┌─ DATA SECTION

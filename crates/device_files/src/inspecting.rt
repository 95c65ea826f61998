//! The device files of a folder are opened for reading alone, and without a lock.
ghost use Rattle.std.specs.Prelude.{◌<◌, IfErr, IfOk, IfSome, IsErr, List, Ok, Option, Result, ℕ};
ghost use Rattle.device_files.specs.declared.slot_files.OpenFault.{OpenFault};
ghost use Rattle.device_files.specs.BankFiles.{AreAllSafe};
ghost use Rattle.device_files.specs.DeviceFiles.{file_in, slot_path};
ghost use Rattle.device_files.specs.Faults.{IsFailedOpening, IsOpenFault, IsOpenFaultOf};

use super::growing::Growing;
use super::lending::BankFile;
use super::opening::file_or_reason;
use super::paths::Paths;
use super::slot_files::OpenFault;
use super::{Before, DeviceFiles, FolderFault, SLOTS, SystemFolders, path_of};
use sector_model::{DeviceFile, NoRecord, Refusal, SystemFile};
use std::alloc::{AllocError, Global};
use std::fs::{OpenFile, OpenOptions};
use std::io::{self, ErrorKind};
use std::os::unix::fs::FileExt;
use std::rt::Files;

/// A disk on which files are opened for reading alone, by their paths.
pub trait InspectFiles {
    /// A file that is open for reading.
    type InspectedFile: BankFile;

    /// What the opening of the file at a path came to.
    ghost inspects: { Self → (path : List ℕ) → Result (Option Self.InspectedFile) OpenFault → Type 0 };

    /// Opens a file for reading alone, without a lock; none where the file is absent, a link leads nowhere, something
    /// else stands in its place, or the device has a fault of its own. No file is created or cut. What a file that
    /// tells holds is safe.
    fn inspect(&self, path: &str) -> Result<Option<Self::InspectedFile>, OpenFault>
        ensures inspected { inspects self.now path.now result }
        ensures safe { IfOk result (λ file. IfSome file Self.InspectedFile.is_safe) };
}

/// A file of the system that is open for reading alone. It tells nothing, and each call that would change it is a
/// fault.
#[derive(Drop)]
pub struct InspectedFile<F> {
    file: F,
}

// What a call that would change such a file answers.
fn not_permitted<T>() -> io::Result<T>
    ensures { IsErr result }
{
    Err(io::Error::from(ErrorKind::PermissionDenied))
}

impl<F: OpenFile + FileExt> Growing for InspectedFile<F> {
    ghost use Rattle.std.specs.Prelude.{false, [], ⊤};

    ghost tells = { false };

    ghost told = { λ _. [] };

    ghost is_safe = { λ _. ⊤ };

    ghost is_locked = { λ _. ⊤ };

    ghost has_failed = { λ _. ⊤ };

    ghost sync_failed = { λ _ _. ⊤ };

    fn size(&self) -> io::Result<u64> {
        SystemFile { of: &self.file }.size()
    }

    fn append(&mut self, _bytes: &[u8]) -> io::Result<usize> {
        not_permitted()
    }

    fn stretch(&mut self, _bytes: u64) -> io::Result<()> {
        not_permitted()
    }

    fn cut(&mut self, _bytes: u64) -> io::Result<()> {
        not_permitted()
    }

    fn sync(&mut self) -> io::Result<()> {
        not_permitted()
    }
}

impl<F: OpenFile + FileExt + Drop + 'static> BankFile for InspectedFile<F> {
    ghost use Rattle.std.specs.Prelude.{[]};

    type Record = NoRecord;

    ghost left = { λ _. [] };

    fn read_part(&self, place: u64, to: &mut [u8]) -> io::Result<usize> {
        SystemFile { of: &self.file }.read_part(place, to)
    }

    fn write_part(&mut self, _place: u64, _from: &[u8]) -> io::Result<usize> {
        not_permitted()
    }

    fn sync_written(&mut self) -> io::Result<()> {
        not_permitted()
    }

    fn record(_alloc: Global, _files: &[Option<Self>]) -> Result<NoRecord, AllocError> {
        Ok(NoRecord)
    }
}

impl<S> InspectFiles for SystemFolders<'_, S>
where
    S: Files + AllocGlobal,
    S::File: FileExt + 'static,
{
    ghost use Rattle.std.specs.Prelude.{⊤};

    type InspectedFile = InspectedFile<S::File>;

    ghost inspects = { λ _ _ _. ⊤ };

    fn inspect(&self, path: &str) -> Result<Option<InspectedFile<S::File>>, OpenFault> {
        if self.leads_to_other(path) {
            return Ok(None);
        }
        let opened = OpenOptions::new().read(true).open(self.rt, path);
        match file_or_reason(self, path, opened) {
            Ok(Some(file)) => Ok(Some(InspectedFile { file })),
            Ok(None) => Ok(None),
            Err(reason) => Err(OpenFault::Barred(reason)),
        }
    }
}

/// Opens the ten files of a folder for reading alone, each once, without a lock, and neither syncs nor creates any. A
/// file that is absent, to which a link leads nowhere, in whose place something else stands, or that can't be opened
/// for a fault of its own leaves a slot without a device.
///
/// `NotOpened` names the first slot whose file is there and can't be opened for want of rights or of file numbers;
/// `InUse` and `NotRegular` one where opening its path came to that, as it never does on a disk of the system. `Memory`
/// where an allocation was refused.
pub fn inspect_folder<D: InspectFiles>(
    alloc: Global,
    disk: &D,
    folder: &str,
) -> Result<DeviceFiles<D::InspectedFile>, FolderFault>
    ensures inspected { IfOk result (λ files. (slot : ℕ) → slot < 10
        → D.inspects disk.now (slot_path folder.now slot) (Ok (file_in files.files.items slot))) }
    ensures safe { IfOk result (λ files. AreAllSafe D.InspectedFile.is_safe files.files.items) }
    ensures fault { IfErr result IsOpenFault }
    ensures blamed { IfErr result (IsFailedOpening (λ slot. D.inspects disk.now (slot_path folder.now slot)) (λ _. ⊥)) }
{
    let mut files = Vec::with_capacity(alloc, SLOTS)?;
    for slot in 0..SLOTS {
        let file = inspect_slot(alloc, disk, folder, slot as u8)?;
        if files.push(file).is_err() {
            return Err(FolderFault::Refused(Refusal::Memory));
        }
    }
    Ok(DeviceFiles {
        files,
        before: [Before::Same; SLOTS],
        unsynced: [false; SLOTS],
        barred: [None; SLOTS],
    })
}

// Opens the file of a slot for reading alone.
fn inspect_slot<D: InspectFiles>(
    alloc: Global,
    disk: &D,
    folder: &str,
    slot: u8,
) -> Result<Option<D::InspectedFile>, FolderFault>
    ensures inspected { IfOk result (λ file. D.inspects disk.now (slot_path folder.now slot) (Ok file)) }
    ensures safe { IfOk result (λ file. IfSome file D.InspectedFile.is_safe) }
    ensures fault { IfErr result (IsOpenFaultOf slot) }
    ensures blamed { IfErr result (IsFailedOpening (λ other. D.inspects disk.now (slot_path folder.now other))
        (λ _. ⊥)) }
{
    let path = path_of(alloc, folder, slot)?;
    match disk.inspect(path.as_str()) {
        Ok(file) => Ok(file),
        Err(OpenFault::Busy) => Err(FolderFault::InUse(slot)),
        Err(OpenFault::Barred(reason)) => Err(FolderFault::NotOpened(slot, reason)),
        Err(OpenFault::NotRegular) => Err(FolderFault::NotRegular(slot)),
    }
}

└─

EXERCISE —
In the answer, give the lines from the first line of the data through the line with "leads nowhere, something", exactly as they appear and with no additions.

SOLVED EXERCISE —
filename crates/device_files/src/inspecting.rt
repository 95c65ea826f61998
//! The device files of a folder are opened for reading alone, and without a lock.
ghost use Rattle.std.specs.Prelude.{◌<◌, IfErr, IfOk, IfSome, IsErr, List, Ok, Option, Result, ℕ};
ghost use Rattle.device_files.specs.declared.slot_files.OpenFault.{OpenFault};
ghost use Rattle.device_files.specs.BankFiles.{AreAllSafe};
ghost use Rattle.device_files.specs.DeviceFiles.{file_in, slot_path};
ghost use Rattle.device_files.specs.Faults.{IsFailedOpening, IsOpenFault, IsOpenFaultOf};

use super::growing::Growing;
use super::lending::BankFile;
use super::opening::file_or_reason;
use super::paths::Paths;
use super::slot_files::OpenFault;
use super::{Before, DeviceFiles, FolderFault, SLOTS, SystemFolders, path_of};
use sector_model::{DeviceFile, NoRecord, Refusal, SystemFile};
use std::alloc::{AllocError, Global};
use std::fs::{OpenFile, OpenOptions};
use std::io::{self, ErrorKind};
use std::os::unix::fs::FileExt;
use std::rt::Files;

/// A disk on which files are opened for reading alone, by their paths.
pub trait InspectFiles {
    /// A file that is open for reading.
    type InspectedFile: BankFile;

    /// What the opening of the file at a path came to.
    ghost inspects: { Self → (path : List ℕ) → Result (Option Self.InspectedFile) OpenFault → Type 0 };

    /// Opens a file for reading alone, without a lock; none where the file is absent, a link leads nowhere, something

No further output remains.